You re-formatted and re-installed Vista just 2 days ago... and are still having the exact same issue?

Can you boot into SAFEMODE?

Regards. . .

jcgriff2

.


----------



## lalalakid (Sep 23, 2008)

Oh, sorry. Not Reformat, System Restored to two days ago(when it seems it was working perfectly fine, on the surface at least), to no avail.

I did boot into Safe Mode, but that error still came up. Doesn't seem like a Registry Problem, because i've used RegistryFix6 to clear up, problem still persist.


----------



## Bahamas (Sep 25, 2008)

try starting IE in safemode:

Start/AllPrograms/Accessories/System Tools/Internet Explorer (no add-ons)

if this works then u have an add-on thaz causing the problem


----------



## telwat (Jun 20, 2008)

lalalakid said:


> Hey guys,
> 
> I've recently encountered a problem which i've never experienced, nor heard of.
> 
> ...


You can try out commands or run programs in Taskmanager. First stop Explorer.


----------



## lalalakid (Sep 23, 2008)

Bahamas said:


> try starting IE in safemode:
> 
> Start/AllPrograms/Accessories/System Tools/Internet Explorer (no add-ons)
> 
> if this works then u have an add-on thaz causing the problem


It appears upon starting of my Computer, not upon starting IE.

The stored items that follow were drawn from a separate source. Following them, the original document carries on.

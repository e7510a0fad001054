//! What obeys the lines of a recording.
ghost use Rattle.std.specs.Prelude.{◌≡◌, ℕ, List, []};
ghost use Rattle.bench.specs.Lines.{LineValue};
ghost use Rattle.session.specs.Obeying.{Obeys};
ghost use Rattle.bench.specs.Values.{value_of};

use bench::line::Line;
use std::alloc::{AllocError, Global};

/// What obeys lines, one after another, and writes some text at each.
pub trait Obey {
    /// It obeyed these lines since it was made.
    ghost obeyed: { Self → List LineValue → Type 0 };

    /// What is written where these lines are obeyed.
    ghost writes: { List LineValue → List ℕ };

    /// Obeys one more line, and tells the text that this writes.
    fn obey(&mut self, heap: Global, line: &Line) -> Result<String, AllocError>
        ensures { Obeys obeyed writes self.old (value_of line.now) result self.new };

    ghost silent: { writes [] ≡ [] };
}
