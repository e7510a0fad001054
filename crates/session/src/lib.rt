//! Obeying the lines of a recording: an input is cut into lines as it comes, and each is handed to what obeys it.
#![tactic(auto)]

pub mod feeding;
pub mod obey;
pub mod texts;
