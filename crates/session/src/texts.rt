//! Putting texts together.
ghost use Rattle.std.specs.Prelude.{◌≡◌, ◌++◌, IfOk, string_bytes};

use std::alloc::AllocError;

/// One text with another behind it.
pub fn append(mut out: String, text: &str) -> Result<String, AllocError>
    ensures { IfOk result (λ s. string_bytes s ≡ string_bytes out ++ text.now) }
{
    out.push_str(text)?;
    Ok(out)
}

> You can try out commands or run programs in Taskmanager. First stop Explorer.


Nope. It starts to not respond to Ctrl + Alt + Delete as well.


----------



## telwat (Jun 20, 2008)

Try Ctrl + Shift + Esc or rightclick Taskbar.
Boot up in "Safemote with Command prompt".
Boot up in Repair and do a System Restore


----------



## lalalakid (Sep 23, 2008)

System Restored to two days before, when it appeared to be working fine, to no avail.


----------



## jcgriff2 (Sep 30, 2007)

Instead of system restore - choose the system repair option. This will not affect your personal files.

JC

.


----------